The slide bearing according to claim 12, wherein a plurality of the groove portions are formed in the sliding surface in parallel with a direction along the center line thereof.
The slide bearing according to claim 12, wherein a plurality of the groove portions are formed in a staggered manner in a direction along the center line of the sliding surface.
The bearing portion has a segment shape in which the sliding surface forms a part of an annular ring, and the bearing portion includes a holding portion to which the bearing portion is inserted. The bearing portion is inserted to the holding portion. In the state, it has one end located on the opposite side to the rotation direction of the shaft portion, and in the state where the bearing portion is mounted to the holding portion, it has a pouring basin disposed outside the one end of the bearing portion.

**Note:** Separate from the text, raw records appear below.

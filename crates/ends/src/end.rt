// What both ends hold: the size of their plane, and their count.
// Camera and handset stay two types over it, so that no call of the one can be made on the other.
ghost use Rattle.std.specs.Prelude.{◌≡◌, ◌+◌, false};
ghost use Rattle.ends.specs.Calls.{open_call, end_of};
ghost use Rattle.ends.specs.Refusals.{spent};

use crate::plane::Size;
use crate::refusal::Refusal;
use crate::{plane, rules};

// `count` is the number of the next unit: the camera will give it out, the handset waits for it.
#[derive(Drop)]
pub struct End {
    pub size: Size,
    pub count: u32,
}

impl End {
    // An end of the given size and first count, its plane made blank.
    #[tactic(auto, unfolding(crate::specs::Calls::opened))]
    pub fn open(size: Size, first: u32, plane: &mut [u8]) -> Result<End, Refusal>
        ensures { open_call size first plane.old ≡ record { answer = result; plane = plane.new } }
    {
        rules::check_open(size, plane)?;
        plane::clear(plane);
        Ok(End { size, count: first })
    }

    // Raises the count by one, and gives the number that it was.
    pub fn advance(&mut self) -> u32
        requires { spent self.old.count ≡ false }
        ensures number { result ≡ self.old.count }
        ensures end { self.new ≡ end_of self.old.size (self.old.count + 1) }
    {
        let number = self.count;
        self.advance_past(number);
        number
    }

    // Makes the count the number after the given one.
    pub fn advance_past(&mut self, number: u32)
        requires { spent number ≡ false }
        ensures { self.new ≡ end_of self.old.size (number + 1) }
    {
        self.count = number + 1;
    }
}
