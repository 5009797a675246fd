// The two ends of the monitor, the upper layer: a camera codes tiles of its plane, a handset follows.
// camera, handset: the public calls; their contracts pin every answer, and carry the law over all runs.
// Below them: rules (what is handed in becomes a task, or is refused), coder (a tile through a kind), window (a tile in its
// lent plane) with prediction, and samples. Kinds are used by their promise alone.
#![tactic(auto)]

mod camera;
mod coder;
mod coding;
mod end;
mod handset;
mod mode;
mod plane;
mod prediction;
mod refusal;
mod rules;
mod samples;
mod task;
mod tile;
mod window;

pub use camera::Camera;
pub use coding::{Coding, Heading};
pub use handset::Handset;
pub use plane::Size;
pub use refusal::Refusal;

The sliding bearing according to any one of Items 12 to 14.
The holding portion has an exposed surface which is located outward of one end of the bearing portion in a state where the bearing portion is mounted, and is formed on the side where the bearing portion is inserted and attached. The sliding surface is inserted in a state in which the sliding surface is positioned inward of one surface of the holding portion in a cross-sectional view intersecting the center line, and a pooling portion is formed on the one surface of the holding portion. Slide bearing according to 15.
The slide bearing according to claim 16, wherein one surface of the holding portion has a surface inclined toward the sliding surface of the bearing portion.
The holding portion has an exposed surface which is located outward of one end of the bearing portion in a state where the bearing portion is mounted, and is formed on the side where the bearing portion is inserted and attached. The sliding surface is inserted in a state of being positioned inward of one surface of the holding portion in a cross sectional view intersecting the center line, and between the one surface where the holding portion is exposed and the sliding surface The slide bearing according to any one of claims 12 to 14, wherein a step is formed.
A sliding member according to any one of claims 1 to 11, wherein the sliding member is a rotary member having a shaft portion integrally or separately attached, wherein the sliding member for a sliding bearing device is the sliding member. The rotating body is characterized in that the outer surface is an outer surface of a substantially cylindrical shape, and in the sliding surface, a plurality of the groove portions are formed at equal pitches along the rotation direction of the shaft portion. .
20. The rotating body according to claim 19, wherein a plurality of the grooves are formed in the sliding surface in parallel to a direction along the center line thereof.
20. The rotating body according to claim 19, wherein a plurality of the grooves are formed in a staggered manner in a direction along the center line of the sliding surface.